Example 3 Plant Transformation and Analysis Constructs for expression of sense or antisense sequences were constructed as described in Ursin et al.
91) Transform into tobacco cells using the method described by Plant Cell 3: 583-591.

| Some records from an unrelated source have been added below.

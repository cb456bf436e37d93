// The rows of the Unit Check table: what each puts into sense, and how many bytes its command takes first.
#![tactic(auto)]

ghost use Rattle.std.specs.Prelude.{◌≡◌};
ghost use Rattle.rows.specs.Rows.{sense, sense_of, row_takes};

// A row of the table, in the table's order.
#[derive(Clone, Copy)]
pub enum Row {
    UnknownCode,
    BadMask,
    SecondMask,
    WrongBefore,
    SeekBarred,
    WriteBarred,
    BadSeek,
    Unreadable,
    UnreadableCount,
    NoRoom,
    NoMarker,
    SecondIndex,
}

// Sense bytes 0 and 1; the other four are always zero.
#[derive(Clone, Copy, Default)]
pub struct Sense {
    pub byte0: u8,
    pub byte1: u8,
}

impl Sense {
    fn new(byte0: u8, byte1: u8) -> Sense
        ensures { result ≡ sense byte0 byte1 }
    {
        Sense { byte0, byte1 }
    }
}

// What a row puts into sense.
#[tactic(auto, unfolding(crate::specs::Rows::sense_of))]
pub fn sense_of(row: Row) -> Sense
    ensures { result ≡ sense_of row }
{
    match row {
        Row::UnknownCode => Sense::new(0x80, 0x00),
        Row::BadMask => Sense::new(0x80, 0x00),
        Row::SecondMask => Sense::new(0x80, 0x10),
        Row::WrongBefore => Sense::new(0x80, 0x10),
        Row::SeekBarred => Sense::new(0x00, 0x04),
        Row::WriteBarred => Sense::new(0x80, 0x04),
        Row::BadSeek => Sense::new(0x81, 0x00),
        Row::Unreadable => Sense::new(0x08, 0x00),
        Row::UnreadableCount => Sense::new(0x08, 0x80),
        Row::NoRoom => Sense::new(0x00, 0x40),
        Row::NoMarker => Sense::new(0x00, 0x02),
        Row::SecondIndex => Sense::new(0x00, 0x08),
    }
}

// How many bytes a command takes before a row shows: a count, which the table has for each row.
#[tactic(auto, unfolding(crate::specs::Rows::row_takes))]
pub fn row_takes(row: Row) -> u32
    ensures { result ≡ row_takes row }
{
    match row {
        Row::BadMask => 1,
        Row::BadSeek => 6,
        Row::NoRoom => 8,
        _ => 0,
    }
}
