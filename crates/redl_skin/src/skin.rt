//! The page's own policy, style and script. `tools/skin` makes this file from `page/`.

/// The security policy of the page: its own style and script alone, and nothing is ever fetched.
pub const POLICY: &str =
    "default-src 'none'; script-src 'sha256-OEz0EUExeT3ZrSsbsbLYmK26bDJF29kkgc6cVeqQGxg='; style-src 'sha256-xai1r4aCEFYqIxs/1Yv9KlVK9Y6M3Xu4qin5fycF2kE='; img-src data:; base-uri 'none'; form-action 'none'; require-trusted-types-for 'script'; trusted-types 'none'";

/// The style sheet of the page.
pub const STYLE: &str = "/* colours, and what all elements share */
:root {
  color-scheme: light dark;
  --paper: #fff; --desk: #eef0f3; --ink: #1c1e21; --soft: #555a62; --rule: #d3d7dd;
  --open: #fff0b8; --disputed: #ffd9d2; --focus: #0b57d0; --yes: #0b6b3a; --no: #a5231d; --author: var(--soft);
  --author-1: #a3282c; --author-2: #0b5fa5; --author-3: #1b6e35; --author-4: #7a3fa0;
  --author-5: #8a4b00; --author-6: #00666b; --author-7: #a01f6c; --author-8: #4b5320;
  font: 16px/1.5 system-ui, \"Liberation Sans\", sans-serif;
}
@media (prefers-color-scheme: dark) {
  :root {
    --paper: #1b1d21; --desk: #121316; --ink: #e6e8eb; --soft: #a9afb8; --rule: #3a3e45;
    --open: #4a3f10; --disputed: #5c2620; --focus: #8ab4f8; --yes: #7bd39a; --no: #ff9d94;
    --author-1: #ff9c9c; --author-2: #8cc4ff; --author-3: #86d99b; --author-4: #d6aaff;
    --author-5: #f5b86b; --author-6: #74d5d9; --author-7: #ff9fd2; --author-8: #c3cf86;
  }
}
* { box-sizing: border-box; }
body { margin: 0; height: 100vh; height: 100dvh; background: var(--desk); color: var(--ink); display: grid; grid: \"top top\" auto \"text list\" minmax(0, 1fr) / minmax(0, 1fr) 26rem; }
:focus-visible { outline: 2px solid var(--focus); outline-offset: 2px; }
main:focus-visible, aside > ol:focus-visible { outline-offset: -2px; }
button, input, select { font: inherit; color: inherit; background: var(--paper); border: 1px solid var(--soft); border-radius: 5px; padding: .15rem .6rem; min-width: 0; }
button { cursor: pointer; }
button:hover { background: var(--desk); }
button:disabled { color: var(--soft); border-color: var(--rule); cursor: default; }

/* the bar at the top */
header { grid-area: top; display: flex; flex-wrap: wrap; gap: .4rem 1.2rem; align-items: center; padding: .6rem 1.2rem; background: var(--paper); border-bottom: 1px solid var(--rule); }
h1 { font-size: 1.05rem; margin: 0; }
#tally { flex: 1 1 10rem; margin: 0; color: var(--soft); }
fieldset { border: 0; margin: 0; padding: 0; display: flex; gap: .8rem; }
legend { float: left; margin-right: .8rem; padding: 0; }
legend, label > span { color: var(--soft); }
#save { background: var(--focus); border-color: var(--focus); color: var(--paper); font-weight: 600; }
#open, #help { font-size: .9rem; }
#printed { display: none; }

/* the bars above the list */
.sign { display: grid; grid-template-columns: 1fr auto; gap: .6rem; padding: .6rem 1rem 0; align-items: end; }
label { display: grid; }
fieldset label { display: block; }
.told { display: flex; min-height: 2.6rem; padding: .3rem 1rem; align-items: center; gap: .6rem; }
#undo { max-width: 45%; white-space: nowrap; overflow: hidden; text-overflow: ellipsis; }
#line { margin: 0; flex: 1; overflow-wrap: anywhere; }
#line.fault { color: var(--no); font-weight: 600; }
aside > details { border: 0; padding: 0 1rem; }
summary { cursor: pointer; }
.filter { display: grid; grid-template-columns: repeat(6, 1fr); gap: .5rem; padding-top: .3rem; }
.filter > * { grid-column: span 2; }
.filter > button { grid-column: span 3; }
.filter label:has(#advance, #together) { align-content: space-between; justify-items: start; }
#advance, #together { width: 1.1rem; height: 1.1rem; margin: .35rem 0; }
.filter select { padding: .15rem; }
.keys { margin: 0; padding: .5rem 1rem; color: var(--soft); font-size: .8rem; }
kbd { border: 1px solid var(--soft); border-radius: 3px; padding: 0 .35em; font: .75rem ui-monospace, monospace; margin-left: .6em; }
kbd:first-child { margin-left: 0; }
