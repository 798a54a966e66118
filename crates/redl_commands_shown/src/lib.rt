//! What the commands `list`, `report`, `page`, `text` and `resume` make of their files, as definitions.
//!
//! They need what stands above a session: listings, reports, pages, views and sittings. The commands in `redl_commands` need nothing of
//! that, so they are proved beside it. `specs/Formats.antt` says which format is meant by a name, and what a call leaves of the formats.
#![tactic(auto)]
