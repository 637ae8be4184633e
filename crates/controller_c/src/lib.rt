// The library for C of the station's calls: each is the call of crate controller under the same name, and promises what that one promises.
#![tactic(auto)]

ghost use Rattle.controller.specs.Words.{OpenAnswer, BallotAnswer, AdvanceAnswer, ResultAnswer};

// A station before round 1: its state.
#[unsafe(no_mangle)]
pub extern "C" fn vembopu_open(n: u8, t: u8, upper: u8, sender: u8, own: u8, value: u8) -> u64
    ensures { OpenAnswer n t upper sender own value result }
{
    controller::vembopu_open(n, t, upper, sender, own, value)
}

// The ballot for the current round, 255 if the station doesn't speak.
#[unsafe(no_mangle)]
pub extern "C" fn vembopu_ballot(n: u8, t: u8, upper: u8, sender: u8, own: u8, state: u64) -> u64
    ensures { BallotAnswer n t upper sender own state result }
{
    controller::vembopu_ballot(n, t, upper, sender, own, state)
}

// The state after the row received in the current round; the state handed in where it is refused.
#[unsafe(no_mangle)]
pub extern "C" fn vembopu_advance(
    n: u8,
    t: u8,
    upper: u8,
    sender: u8,
    own: u8,
    state: u64,
    row: &[u8],
) -> u64
    ensures { AdvanceAnswer n t upper sender own state row.now result }
{
    controller::vembopu_advance(n, t, upper, sender, own, state, row)
}

// Running, with its round; or done, with value, grade, flag and how many rounds had a garbled ballot.
#[unsafe(no_mangle)]
pub extern "C" fn vembopu_result(n: u8, t: u8, upper: u8, sender: u8, own: u8, state: u64) -> u64
    ensures { ResultAnswer n t upper sender own state result }
{
    controller::vembopu_result(n, t, upper, sender, own, state)
}
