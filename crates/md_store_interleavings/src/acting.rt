//! How a transaction begins, and how an operation of it is made.

ghost use Rattle.std.specs.Prelude.{◌≡◌, IfOk, IsTrue, None};
ghost use Rattle.md_store_interleavings.specs.Acting.{Exists, IsActing};
ghost use Rattle.md_nbtc.specs.State.{state};
ghost use Rattle.md_store.specs.Store.{IsPassOf};

use crate::operations::made;
use md_history::{Limit, Op, Reply, Stop};
use md_nbtc::{Sets, Txn};
use md_rule::Pass;
use md_store::Store;
use md_store_law::StoreTheory;
use md_words::Shape;

/// Begins a transaction of a pass, with any tag. It keeps its words and nodes in `sets`. The error
/// is `Limit::Tries` if each lane of the pass has begun all of its attempts (`Store::begin`).
pub fn begin<'a>(
    store: &'a Store,
    pass: &'a mut Pass<StoreTheory>,
    tag: u64,
    sets: &'a mut Sets,
) -> Result<Txn<'a, StoreTheory>, Limit>
    requires { IsPassOf store.now pass.old }
    ensures pass { IfOk result (λ t. t.pass.ghost_name ≡ pass.entry.ghost_name) }
    ensures acting { IfOk result (λ t. IsActing store.now (state t) None) }
{
    let begun = Store::begin(pass, store, tag)?;
    Ok(begun.with(sets))
}

/// Makes an operation from its begin to its end, and returns its reply. `stop` has the stop of the
/// transaction, if it has stopped. The call sets it if the operation is stopped. If it is set
/// before, the call returns the same stop and does nothing. If there is no such map or queue, or if
/// a line has a length that isn't from 1 to 12, it returns `Stop::NoMemory` and does nothing.
pub fn act<'a>(
    txn: &mut Txn<'a, StoreTheory>,
    stop: &mut Option<Stop>,
    store: &Store,
    op: Op,
) -> Result<Reply, Stop>
    requires { IsActing store.now (state txn.old) stop.old }
    ensures pass { txn.new.pass.ghost_name ≡ txn.old.pass.ghost_name }
    ensures acting { IsActing store.now (state txn.new) stop.new }
{
    if let Some(why) = stop {
        return Err(*why);
    }
    if !exists(store.field().shape(), op) {
        return Err(Stop::NoMemory);
    }
    txn.start_op();
    match made(txn, op) {
        Ok(reply) => {
            txn.end_op(op, reply);
            Ok(reply)
        }
        Err(why) => {
            *stop = Some(why);
            Err(why)
        }
    }
}

// Whether the map or the queue of an operation exists.
fn exists(shape: &Shape, op: Op) -> bool
    ensures { IsTrue result → Exists shape.now op }
{
    match op {
        Op::Get { map, .. } => map < shape.maps,
        Op::Insert { map, .. } => map < shape.maps,
        Op::Remove { map, .. } => map < shape.maps,
        Op::Put { map, .. } => map < shape.maps,
        Op::Enqueue { queue, .. } => queue < shape.queues,
        Op::Dequeue { queue } => queue < shape.queues,
        Op::Front { queue } => queue < shape.queues,
        Op::Line { queue, n } => queue < shape.queues && 1 <= n && n <= 12,
    }
}
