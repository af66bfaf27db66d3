//! What a transaction puts off until it has committed.

ghost use Rattle.std.specs.Prelude.{◌≡◌, ℕ, true};
ghost use Rattle.md_nbtc_law.specs.Calls.{Keeps};
ghost use Rattle.md_nbtc_law.specs.Cleaning.{IsWrittenFor, cleanup_node, with_cleanup_kept};
ghost use Rattle.md_nbtc_law.specs.Seeing.{KeepsGiven};
ghost use Rattle.md_nbtc.specs.State.{state};

use crate::txn::Txn;
use md_machine::Theory;
use md_nbtc_law::Cleanup;

// The node by whose next word a cleanup goes.
fn node_of(cleanup: Cleanup) -> u32
    ensures { result ≡ cleanup_node cleanup }
{
    match cleanup {
        Cleanup::Unlink { prev: _, node } => node,
        Cleanup::MoveTail {
            tail: _,
            from,
            to: _,
        } => from,
    }
}

impl<'a, T: Theory> Txn<'a, T> {
    /// Keeps a cleanup until the transaction has committed. It is kept in the slot of the next word
    /// of its node: `node` for an `Unlink`, and `from` for a `MoveTail`. An operation is begun, and
    /// the transaction has written that word. The new value of the word is marked for an `Unlink`,
    /// and names `to` for a `MoveTail`. The cleanup replaces one that was kept in the slot.
    ///
    /// Only `Ready::decide` makes it: not after an abort, and not if another pass commits the
    /// transaction after it was left. The call takes no step, and searches at most 128 slots.
    pub fn later(&mut self, cleanup: Cleanup)
        requires operates { (state self.old).hand.operating ≡ true }
        requires written { IsWrittenFor (state self.old) cleanup }
        ensures pass { self.new.pass.ghost_name ≡ self.old.pass.ghost_name }
        ensures on { Keeps T.meaning (state self.old) (state self.new) cleanup }
        ensures kept { state self.new
            ≡ record (state self.old) { slots = with_cleanup_kept (state self.old) cleanup } }
        ensures given { (other : ℕ) → KeepsGiven (state self.old) (state self.new) other }
    {
        let word = self.field.shape().node_next(node_of(cleanup));
        self.sets.slots.keep(word, cleanup);
    }
}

【0113】 核FtsZ構築物を含むトランスジェニックタバコ植物を、植物細胞内に存在
する色素体の大きさおよび数を含む、色素体形態の変化に関して解析した。
Transgenic tobacco plants containing the nuclear FtsZ construct were analyzed for changes in plastid morphology, including the size and number of plastids present in the plant cells.

【0114】 FtsZ1発現構築物pCGN6495での形質転換より得た58の初期形質
転換物(T1世代)を、大色素体発現系に関して選別し、3つのカテゴリーに分
けた。34株は5未満の大色素体を含み、8株は5〜20色素体を含み、16株
は20以上(野生型#および野生型#以上)色素体を含んだ。1つの株、Nt6
495−61は単一の大色素体を含んだ。
The 58 early transformants (T1 generation) obtained from the transformation with the FtsZ1 expression construct pCGN6495 were selected for the macroplast expression system and divided into three categories. 34 strains contained less than 5 large plastids, 8 strains contained 5-20 plastids, and 16 strains contained 20 or more (wild type # and wild type # or more) plastids. One strain, Nt6
495-61 contained a single large plastid.

【0115】 スクリーニング方法は、光学顕微鏡下で100×倍率で、単離した葉肉プロト
プラストを試験することを含んだ。トランスジェニック植物を含む大色素体は見
たところ、培養下および温室条件下で、野生型から表現系的に区別できないよう
である。
The screening method involved testing isolated mesophyll protoplasts at 100 × magnification under a light microscope. Large plastids, including transgenic plants, apparently appear phenotypically indistinguishable from wild type under culture and greenhouse conditions.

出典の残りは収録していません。